Po tych słowach wstałem od stołu i bez słowa poszedłem zaa szkole gdzie usiadłem na murku i zapaliłem papierosa.
- Stary mogę wiedzieć o co ci chodzi? - zapytał Lucas na co przewróciłem oczami.
- Jeszcze się pytasz? Od kiedy ty i Luna to takie bratnie duszę? A to ją zapraszasz, żeby z nami usiadła, a teraz na imprezę i co jeszcze? - zapytałem wkurwiony.
- Nie rozumiem o co ci chodzi...
- A może ty ją pieprzysz na boku?!
- Chris, przeginasz kurwa...
- Dobra jest w łóżku? Niby taka niewinna, a dupy daje każdemu! Podoba Ci się, prawda?
- A jak tak to co? Co kurwa z tym zrobisz?! Ty przez cały czas niby jej coś obiecujesz, a jak przyjdzie co do czego, to razem z innymi wyśmiewasz. Stary, ty jesteś ślepy czy jaki chuj? Ta dziewczyna z dnia na dzień coraz bardziej się w tobie zakochuje, a ty ją traktujesz jak gówno. Christopher, zastanów się czego tak naprawdę chcesz, bo Luna jest cholernie seksowna i nie jeden już o niej myślał.
Po tych słowach Lucas odszedł, a ja stałem jak słup rezygnując z pójścia na kolejną lekcje i wkurwiony ruszyłem do domu myśląc tylko o tym, żeby zwolnić Lucasa z baru, ale przecież nie mogę tego zrobić, bo podpisałem umowę z tym kretynem.
Sam nie wiedziałem co mam myśleć o tym wszystkim. Przecież Luna za każdym razem powtarza mi, że jestem bezuczuciowym dupkiem i niby się zakochała? Przecież to jest tak jakby iść na wojnę bez broni, bo ja sam nie wiem czy coś czuję do niem więcej niż pociąg seksualny, ale teraz przez słowa Lusaca zaczęłam zastanawiać się czy oby na pewno nic do niej nie czuje? Jest zdecydowanie wkurwiająca, ale mniej niż inne laski.

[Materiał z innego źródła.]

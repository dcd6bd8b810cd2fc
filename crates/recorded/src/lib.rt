//! A recording that goes first: an outside over another one, which holds back what is written, and writes it before anything goes to a peer.
//!
//! This profile's own. A program that prints what it does before it does it writes many small lines; here they wait, and are written all at once, by
//! the next call that a peer could see. The acts of the program and those inside are tied at each moment: nothing goes inside before all is
//! written that the program had written before it, and nothing behind a write that failed.
#![tactic(auto)]

pub mod laws;
mod recorded;

pub use recorded::{MOST_WAITING, Recorded};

Jest też naprawdę ładna i ma piękne kobiece krztałty, ale nie znam jej prawie w ogóle i nie jestem pewny czy mógłbym z nią być, bo to Luna...dziewczyna, która jest wytykana w szkole palcami, a ja sam jeszcze miesiąc temu ośmieszałem ją przed wszystkim, a teraz zaczęłam zastanawiać się czy coś do niej czuje.
Po chwili dostałem wiadomość, więc szybko otworzyłem konwersje.
Luna: pójdę z tobą na imprezę.
Ja: a do łóżka?
Luna: Chris, jesteś dupkiem.
Uśmiechnęłem się jak głupi do telefonu, bo nawet nie zauważyłem, kiedy pokochałem jak mówi do mnie 'chris'
Ja: nie odmówiłaś, więc wezmę to za dobrą monetę :) będę chwilę po dwudziestej pod twoim domem.
Podoba się taki luźny rozdział? I wow pierwszy z perspektywy Chrisa.